#### [Instructions for the task]
In the entries that follow, copy exactly each line from the first through the line with "use flow_map::outline::Outline;".

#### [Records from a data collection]
========

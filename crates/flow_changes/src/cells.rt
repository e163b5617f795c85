//! Cells of one configuration that another lacks.
ghost use Rattle.std.specs.Prelude.{◌≡◌, ◌++◌, OnOk, filter, map, not};
ghost use Rattle.meter_theory.specs.Plan as plans;
ghost use Rattle.flow_changes.specs.Facts as spec;
ghost use Rattle.flow_changes.specs.Shown.{shown};

use crate::fact::Fact;
use cosem_data::cell::CellRef;
use cosem_data::memory::Memory;
use flow_map::outline::Outline;

/// Puts a fact behind others for each of these cells that a plan lacks.
pub(crate) fn push_cells(
    cells: &[CellRef],
    other_plan: &Outline<'_>,
    facts: &mut Vec<Fact<'_>>,
) -> Result<(), Memory>
    ensures { OnOk result (map shown facts.new.items ≡ map shown facts.old.items
        ++ map spec.HasCell (filter (λ x. not (plans.is_cell other_plan.now x)) cells.now)) }
{
    for cell in cells {
        if !other_plan.is_cell(cell) {
            facts.push(Fact::HasCell(*cell))?;
        }
    }
    Ok(())
}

========

#### [Exercise output]
filename crates/flow_changes/src/cells.rt
repository e163b5617f795c85
//! Cells of one configuration that another lacks.
ghost use Rattle.std.specs.Prelude.{◌≡◌, ◌++◌, OnOk, filter, map, not};
ghost use Rattle.meter_theory.specs.Plan as plans;
ghost use Rattle.flow_changes.specs.Facts as spec;
ghost use Rattle.flow_changes.specs.Shown.{shown};

use crate::fact::Fact;
use cosem_data::cell::CellRef;
use cosem_data::memory::Memory;
use flow_map::outline::Outline;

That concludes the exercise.